## [Task goal]
Exactly the line that contains "usize) -> Option<usize>" and the lines following it to the end of the data are to be reproduced, and nothing more.

━━━━━━━━━━━━━━━━━━━━

// Which group goes next: the one that waits with the smallest turn count, on a tie the smallest.
ghost use Rattle.std.specs.Prelude.{◌≡◌, ℕ, ◌<◌, length, slice_index_or};
ghost use Rattle.choices.specs.Keys.{IsGroup};
ghost use Rattle.choices.specs.declared.keys.Candidate.TheVariants.{Absent};
ghost use Rattle.fleet.specs.View.{servers, state};
ghost use Rattle.journal.specs.View.{view};
ghost use Rattle.model.specs.ServerChanges.{counts_if};
ghost use Rattle.model.specs.Turns.{chosen_group, group_waits, has_entry_of};
ghost use Rattle.counting.specs.Below.{any};
ghost use Rattle.servers.specs.Sets.{has};

use crate::keys::{Candidate, GroupKey, least_waiting};
use fleet::Fleet;
use journal::Journal;
use messages::{ROWS, Row};
use servers::{SERVERS, ServerSet};
use std::array;

// The groups of which the server has an entry to forward. The test stands in the fold: a `filter` before it makes a turn slower.
fn groups_to_forward(fleet: &Fleet, journal: &Journal, server: usize) -> ServerSet
    ensures { (j : ℕ) → j < 8 → has result.bits j ≡ any (has_entry_of (state fleet.now (view journal.now)) server j) 256 }
{
    (0..ROWS)
        .map(|k| Row(k as u8))
        .fold(ServerSet::empty(), |groups, row| {
            if fleet.has_entry(server, row) {
                groups.with(journal.tag_of(row).server() as usize)
            } else {
                groups
            }
        })
}

// The groups that wait at the server: those of its entries to forward, and its own if a write is queued there.
pub fn groups_waiting(fleet: &Fleet, journal: &Journal, server: usize) -> ServerSet
    ensures { (j : ℕ) → j < 8 → has result.bits j ≡ group_waits (state fleet.now (view journal.now)) server j }
{
    let groups = groups_to_forward(fleet, journal, server);
    if server < SERVERS && journal.first_queued(server as u8).is_some() {
        groups.with(server)
    } else {
        groups
    }
}

// The key of the group, if it waits. Where no entry is to be forwarded, all counts begin at 0.
fn group_key(
    fleet: &Fleet,
    server: usize,
    groups: ServerSet,
    some_entry: bool,
    group: u8,
) -> Candidate<GroupKey>
    ensures { IsGroup (has groups.bits group) (counts_if some_entry (servers fleet.now) server group) group result }
{
    if !groups.contains(group as usize) {
        return Candidate::Absent;
    }
    let count = if some_entry {
        fleet.turn_count(server, group as usize)
    } else {
        0
    };
    Candidate::Waits(GroupKey { count, group })
}

// The keys of all groups.
fn group_keys(
    fleet: &Fleet,
    server: usize,
    groups: ServerSet,
    some_entry: bool,
) -> [Candidate<GroupKey>; SERVERS]
    ensures sized { length result ≡ 8 }
    ensures keys { (j : ℕ) → j < 8 → IsGroup (has groups.bits j) (counts_if some_entry (servers fleet.now) server j) j (slice_index_or result j Absent) }
{
    array::from_fn(|group| group_key(fleet, server, groups, some_entry, group as u8))
}

// The group whose turn it is at the server, none if no group waits: then it is not asked whether there is any entry, and no keys are made.
pub fn chosen_group(fleet: &Fleet, journal: &Journal, server: usize) -> Option<usize>
    ensures { result ≡ chosen_group (state fleet.now (view journal.now)) server }
{
    let groups = groups_waiting(fleet, journal, server);
    if groups.is_empty() {
        return None;
    }
    let keys = group_keys(fleet, server, groups, fleet.some_entry(server));
    least_waiting(&keys)
}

━━━━━━━━━━━━━━━━━━━━

## [Result of this task]
pub fn chosen_group(fleet: &Fleet, journal: &Journal, server: usize) -> Option<usize>
    ensures { result ≡ chosen_group (state fleet.now (view journal.now)) server }
{
    let groups = groups_waiting(fleet, journal, server);
    if groups.is_empty() {
        return None;
    }
    let keys = group_keys(fleet, server, groups, fleet.some_entry(server));
    least_waiting(&keys)
}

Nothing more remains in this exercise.